Zaznacz stronę

Kiedy William Stanley Jevons w XIX wieku zauważył, że bardziej wydajne silniki parowe nie zmniejszyły zużycia węgla, lecz je zwiększyły, pewnie nie przypuszczał, że jego obserwacja stanie się metaforą całych epok. Paradoks Jevonsa — im bardziej coś staje się efektywne, tym więcej tego zużywamy — powraca dziś w zaskakującym kontekście.

Nie w przemyśle, lecz w języku. Nie w energii, lecz w sensie.

1. Efektywność myślenia

Sztuczna inteligencja obiecuje efektywność.

Więcej tekstów, szybciej. Lepsze pomysły, bez wysiłku.

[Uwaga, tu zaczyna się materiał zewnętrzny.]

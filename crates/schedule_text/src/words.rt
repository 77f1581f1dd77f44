//! The words of a line, and the numbers that they spell.

ghost use Rattle.std.specs.Prelude.{◌≡◌, IfOk, is_some, map, min, option_map};
ghost use Rattle.std.specs.Str.{bytes_eq, is_utf8};
ghost use Rattle.std.specs.List.{list_all, list_any};
ghost use Rattle.std.specs.Char.{is_ascii_digit};
ghost use Rattle.schedule_text.specs.Words.{count_of, decimal, is_empty, number_of, words_of, worker_of};

use std::alloc::{AllocError, Global};

/// The pieces of a line between blanks, which are spaces and tabs.
pub(crate) fn words_of<'a>(alloc: Global, line: &'a [u8]) -> Result<Vec<&'a [u8]>, AllocError>
    ensures { IfOk result (λ words. map (λ word. word.now) words.items ≡ words_of line.now) }
{
    line.split(|byte| *byte == b' ' || *byte == b'\t')
        .collect(alloc)
}

/// Whether bytes are UTF-8.
pub(crate) fn is_utf8(bytes: &[u8]) -> bool
    ensures { result ≡ is_utf8 bytes.now }
{
    str::from_utf8(bytes).is_ok()
}

/// Whether one of these pieces is empty.
pub(crate) fn has_empty(pieces: &[&[u8]]) -> bool
    ensures { result ≡ list_any is_empty (map (λ piece. piece.now) pieces.now) }
{
    for piece in pieces {
        if piece.is_empty() {
            return true;
        }
    }
    false
}

/// Whether a word is this text.
pub(crate) fn is_text(word: &[u8], text: &str) -> bool
    ensures { result ≡ bytes_eq word.now text.now }
{
    word == text.as_bytes()
}

/// Whether all bytes are decimal digits.
fn are_digits(bytes: &[u8]) -> bool
    ensures { result ≡ list_all is_ascii_digit bytes.now }
{
    bytes.iter().all(|byte| byte.is_ascii_digit())
}

/// The number that decimal digits spell, or the greatest number if it is greater.
pub(crate) fn decimal(digits: &[u8]) -> u64
    ensures { result ≡ min (decimal digits.now) u64.MAX }
{
    let mut number = 0u64;
    for digit in digits {
        number = number
            .saturating_mul(10)
            .saturating_add(u64::from(digit.saturating_sub(b'0')));
    }
    number
}

/// The number of a word of one or more decimal digits, or the greatest number if it is greater. None for any other
/// word.
pub(crate) fn number_of(word: &[u8]) -> Option<u64>
    ensures { result ≡ option_map (λ number. min number u64.MAX) (number_of word.now) }
{
    if is_number(word) {
        Some(decimal(word))
    } else {
        None
    }
}

/// Whether a word is one or more decimal digits.
pub(crate) fn is_number(word: &[u8]) -> bool
    ensures { result ≡ is_some (number_of word.now) }
{
    !word.is_empty() && are_digits(word)
}

/// The worker that a word names: a number from 1 to 9999.
pub(crate) fn worker_of(word: &[u8]) -> Option<u32>
    ensures { result ≡ worker_of word.now }
{
    let number = number_of(word)?;
    if 1 <= number && number <= 9999 {
        Some(number as u32)
    } else {
        None
    }
}

/// The number of records that a word asks for: from 0 to 200,000.
pub(crate) fn count_of(word: &[u8]) -> Option<u64>
    ensures { result ≡ count_of word.now }
{
    let number = number_of(word)?;
    if number <= 200_000 {
        Some(number)
    } else {
        None
    }
}
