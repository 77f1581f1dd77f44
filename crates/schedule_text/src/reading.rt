//! Reading the steps of a schedule line by line.

ghost use Rattle.std.specs.Prelude.{◌≡◌, ℕ, Ok, Err, IfOk};
ghost use Rattle.schedule_text.specs.Schedules.{schedule_of};

use crate::fault::{LineFault, ScheduleFault, StepWhy};
use crate::standing::{Setting, Standing};
use ksql_program::Program;
use ksql_types::Items;
use std::alloc::Global;
use topic_files::Lines;
use topology::{Lined, Schedule, Topology, chain_of};

/// The steps of a schedule's text for a program, its topology and the workers 1 to `workers`; or its first refused
/// line, counted from 1, and why it is refused. Takes time linear in the text.
pub fn read_schedule(
    alloc: Global,
    bytes: &[u8],
    program: &Program,
    topology: &Topology,
    workers: u32,
) -> Result<Schedule, ScheduleFault>
    ensures read { IfOk result (λ schedule. schedule_of program.now.items topology.now workers bytes.now ≡ Ok schedule.steps) }
    ensures refused { (line : ℕ) (why : StepWhy) → result ≡ Err (ScheduleFault.Refused line why)
        → schedule_of program.now.items topology.now workers bytes.now ≡ Err (line, why) }
{
    let setting = Setting {
        items: program.items.items(),
        subs: topology.subs.items(),
        chain: chain_of(alloc, topology)?,
        size: bytes.len(),
    };
    let mut standing = Standing::first(alloc, workers)?;
    let mut steps = Vec::new(alloc);
    for line in Lines::of(bytes) {
        match standing.read_line(alloc, &setting, line) {
            Ok(Some(step)) => steps.push(Lined {
                line: standing.lines,
                step,
            })?,
            Ok(None) => {}
            Err(LineFault::Refused(why)) => {
                return Err(ScheduleFault::Refused {
                    line: standing.lines,
                    why,
                });
            }
            Err(LineFault::OutOfMemory) => return Err(ScheduleFault::OutOfMemory),
        }
    }
    Ok(Schedule {
        steps: Items::of(steps),
    })
}
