//! Laws of what the tasks of a topology send: its columns, its sizes, the feeds that it is of, and the order of the sub-topologies.
#![tactic(auto)]
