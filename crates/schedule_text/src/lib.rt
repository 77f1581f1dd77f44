//! Schedules: their text, and the steps that it describes.
#![tactic(auto)]

mod fault;
mod forms;
mod lines;
mod reading;
mod standing;
mod words;

pub use fault::{ScheduleFault, StepWhy};
pub use reading::read_schedule;
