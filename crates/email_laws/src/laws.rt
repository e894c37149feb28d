// What the jobs of updates and destroys of Emails are.
ghost use Rattle.std.specs.Prelude.{◌≡◌, ℕ, List, Ok, Some};
ghost use Rattle.serde_json.specs.Data.{Members};
ghost use Rattle.set_jobs.specs.declared.job.Job.{Job};
ghost use Rattle.set_items.specs.Commands.{BeginsHeld, IsFit, appends_of};
ghost use Rattle.set_given.specs.Given.{EmailFound, Given, email_named};
ghost use Rattle.set_patches.specs.Patches.{patch_in};
ghost use Rattle.email_checks.specs.Emails.{update_email, destroy_email};
ghost use Rattle.email_laws.specs.Sent.{SendsDestroy, SendsWhatIsAsked};

/// The commands of an item that passes its checks have to be obeyed, but for EXPUNGE, and it makes and lists no folder.
pub fn email_items_are_fit()
    ensures update { (g : Given) (text : List ℕ) (patch : Members) (job : Job) → update_email g text patch ≡ Ok job → IsFit job }
    ensures destroy { (g : Given) (text : List ℕ) (job : Job) → destroy_email g text ≡ Ok job → IsFit job }
{}

/// An item that passes its checks selects a folder at first, if at all, and one that is held.
pub fn email_items_begin_held()
    ensures update { (g : Given) (text : List ℕ) (patch : Members) (job : Job) → update_email g text patch ≡ Ok job → BeginsHeld g.mail job }
    ensures destroy { (g : Given) (text : List ℕ) (job : Job) → destroy_email g text ≡ Ok job → BeginsHeld g.mail job }
{}

/// No update and no destroy of an Email sends an APPEND.
pub fn email_items_append_nothing()
    ensures update { (g : Given) (text : List ℕ) (patch : Members) (job : Job) → update_email g text patch ≡ Ok job → appends_of job.steps ≡ 0 }
    ensures destroy { (g : Given) (text : List ℕ) (job : Job) → destroy_email g text ≡ Ok job → appends_of job.steps ≡ 0 }
{}

/// An update sends what it asks: each keyword that changes, the MOVE exactly where another folder is asked, and nothing else.
pub fn email_updates_send_what_is_asked()
    ensures { (g : Given) (text : List ℕ) (patch : Members) (job : Job) (e : EmailFound) → email_named g text ≡ Some e → update_email g text patch ≡ Ok job
        → SendsWhatIsAsked g e (patch_in patch) job }
{}

/// A destroy sends STORE of `\Deleted` and EXPUNGE of the message.
pub fn email_destroys_send_both()
    ensures { (g : Given) (text : List ℕ) (job : Job) (e : EmailFound) → email_named g text ≡ Some e → destroy_email g text ≡ Ok job → SendsDestroy g e job }
{}
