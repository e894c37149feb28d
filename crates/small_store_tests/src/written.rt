// Octets as text.
use std::alloc::{AllocError, Global};
use test_rows::{first_number, octets_of, put_octets};

/// The octets of a text, in which `|` stands for CR LF, `%` and two hexadecimal digits for one octet, and `^COUNT TEXT^` for a text so
/// many times.
pub(crate) fn written(alloc: Global, text: &str) -> Result<Vec<u8>, AllocError> {
    let text = text.replace(alloc, "|", "%0D%0A")?;
    let mut octets = Vec::new(alloc);
    let mut is_counted = false;
    for part in text.split('^') {
        let (count, part) = if is_counted {
            first_number(part)
        } else {
            (1, part)
        };
        let piece = octets_of(alloc, part)?;
        let count = usize::try_from(count).unwrap_or(0);
        octets.extend_from_slice(&piece.repeat(alloc, count)?)?;
        is_counted = !is_counted;
    }
    Ok(octets)
}

/// Adds octets as text, with this text for each CR LF.
pub(crate) fn put_told(
    alloc: Global,
    octets: &[u8],
    line_end: &str,
    out: &mut String,
) -> Result<(), AllocError> {
    let mut text = String::new(alloc);
    put_octets(&mut text, octets)?;
    out.push_str(&text.replace(alloc, "%0D%0A", line_end)?)
}
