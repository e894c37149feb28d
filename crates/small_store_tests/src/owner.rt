// What the store's owner does.
use crate::written::written;
use small_store::StoreMachine;
use std::alloc::{AllocError, Global};
use test_rows::{first_number, first_word, octets_of};

/// When every message came: 2 January 1970, 00:00:00 UTC.
pub(crate) const DATE: i64 = 86_400;

/// The longest message that is delivered.
const MAX_MESSAGE_OCTETS: usize = 1_000_000;

/// Delivers the message to the folder; false too where it is longer than `MAX_MESSAGE_OCTETS`.
pub(crate) fn deliver(
    store: &mut StoreMachine,
    folder: &[u8],
    message: &[u8],
) -> Result<bool, AllocError> {
    if MAX_MESSAGE_OCTETS < message.len() {
        return Ok(false);
    }
    store.deliver(folder, message, DATE)
}

/// Delivers what the text says: FOLDER MESSAGE.
fn deliver_text(alloc: Global, store: &mut StoreMachine, text: &str) -> Result<bool, AllocError> {
    let (folder, message) = first_word(text);
    let folder = octets_of(alloc, folder)?;
    let message = written(alloc, message)?;
    deliver(store, &folder, &message)
}

/// Makes the call of the word, and adds what it answers.
pub(crate) fn do_call(
    alloc: Global,
    store: &mut StoreMachine,
    word: &str,
    text: &str,
    out: &mut String,
) -> Result<(), AllocError> {
    let (number, _) = first_number(text);
    let at = usize::try_from(number).unwrap_or(0);
    let done = match word {
        "deliver" => deliver_text(alloc, store, text)?,
        "toggle" => store.toggle_seen(at)?,
        "shift" => store.shift(at)?,
        "expunge" => store.expunge(at)?,
        _ => return writeln!(out, "no row: {word}"),
    };
    writeln!(out, "{word}: {done}")
}
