//! What the definitions of the items of Email/set promise, as clauses of functions that do nothing.
#![tactic(auto)]

mod laws;

pub use laws::{
    email_destroys_send_both, email_items_append_nothing, email_items_are_fit,
    email_items_begin_held, email_updates_send_what_is_asked,
};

Wyrównanie dostępu do wiedzy.

I wszystko to w pewnym sensie jest prawdą.

Ale wraz z rosnącą efektywnością przetwarzania pojawia się coś, co trudno zmierzyć — rozproszenie sensu.

Im łatwiej generować znaczenie, tym trudniej je odróżnić od pozoru znaczenia.

To właśnie nowa wersja paradoksu Jevonsa:

im efektywniej produkujemy myśl, tym szybciej wyczerpujemy jej wartość.

 

2. Symulowane doświadczenie

ChatGPT i jego pokrewne modele nie tworzą fikcji — one symulują doświadczenie, które w statystycznym ujęciu jest prawdziwe.

To doświadczenie zrekonstruowane z tysięcy ludzkich fragmentów, pozszywanych z rozmów, notatek, nagłówków, emocji.

I w tym właśnie tkwi siła — oraz ryzyko.

Bo gdy symulacja rzeczywistości jest wystarczająco przekonująca, zaczynamy zapominać, że to już nie rzeczywistość.

Tak jak żelazo po próbach jądrowych — skażone, choć wizualnie czyste — tak i nasze poznanie staje się materiałem, który wciąż wygląda znajomo, ale jego skład jest już inny.

3. Zanieczyszczenie poznawcze

Modele uczą się na danych.

Ale dane te coraz częściej są wytwarzane przez inne modele.

W ten sposób powstaje coś, co można by nazwać poznawczym skażeniem materiału — rekurencyjnym procesem, w którym kolejne generacje AI karmią się własnymi śladami.

To jak gra w głuchy telefon między maszynami:

każda z nich wiernie powtarza, ale już nie zrozumie, dlaczego mówi to, co mówi.

Człowiek staje się w tym procesie nie uczestnikiem, lecz echem własnej symulacji.

4. Ekonomia czystości

W tym świecie czystość źródła staje się nową walutą poznania.

Nie chodzi już o to, kto ma rację — ale kto mówi jeszcze z rzeczywistości.

Treść przestaje być weryfikowana poprzez swoją formę, a zaczyna poprzez genealogię pochodzenia.

Tak jak stary metal sprzed ery atomowej stał się cenniejszy nie ze względu na funkcję, lecz na brak skażenia, tak i „czysta wiedza przedsyntetyczna” — wiedza powstała z ludzkiego doświadczenia, przed erą masowej generacji — może stać się luksusem poznawczym.

5. Entropia sensu

Paradoksalnie, sztuczna inteligencja nie niszczy sensu — ona go rozprasza.

Każda iteracja tekstu, każda synteza wiedzy, każda rekombinacja znaczenia — zwiększa objętość świata, ale zmniejsza jego gęstość.

Sens nie znika.

Po prostu staje się cieńszy.

W efekcie pojawia się pytanie:

czy potrafimy jeszcze rozpoznać moment, w którym mówimy nie o rzeczywistości, ale o jej symulacji?

Czy potrafimy jeszcze usłyszeć własny głos w chórze syntetycznych echa?

 

6. Paradoks czystego myślenia

Im bardziej udoskonalamy narzędzia myślenia, tym bardziej zbliżamy się do momentu, w którym myślenie stanie się zbędne.

Ale być może właśnie wtedy — gdy sens stanie się zbyt łatwy — zaczniemy na nowo poszukiwać jego trudności.

Nie po to, by pisać lepiej, ale by znowu czuć ciężar słów.

Bo sens, tak jak żelazo sprzed epoki atomowej, ma wartość tylko wtedy, gdy pochodzi z czystego źródła.

Z człowieka, który naprawdę widział, zanim nauczył się symulować widzenie.

Postscriptum

Paradoks Jevonsa nie dotyczy dziś energii.

Dotyczy uwagi, znaczenia i poznania.

To nowa epoka efektywności — w której największym luksusem nie będzie informacja, lecz rzeczywiste doświadczenie.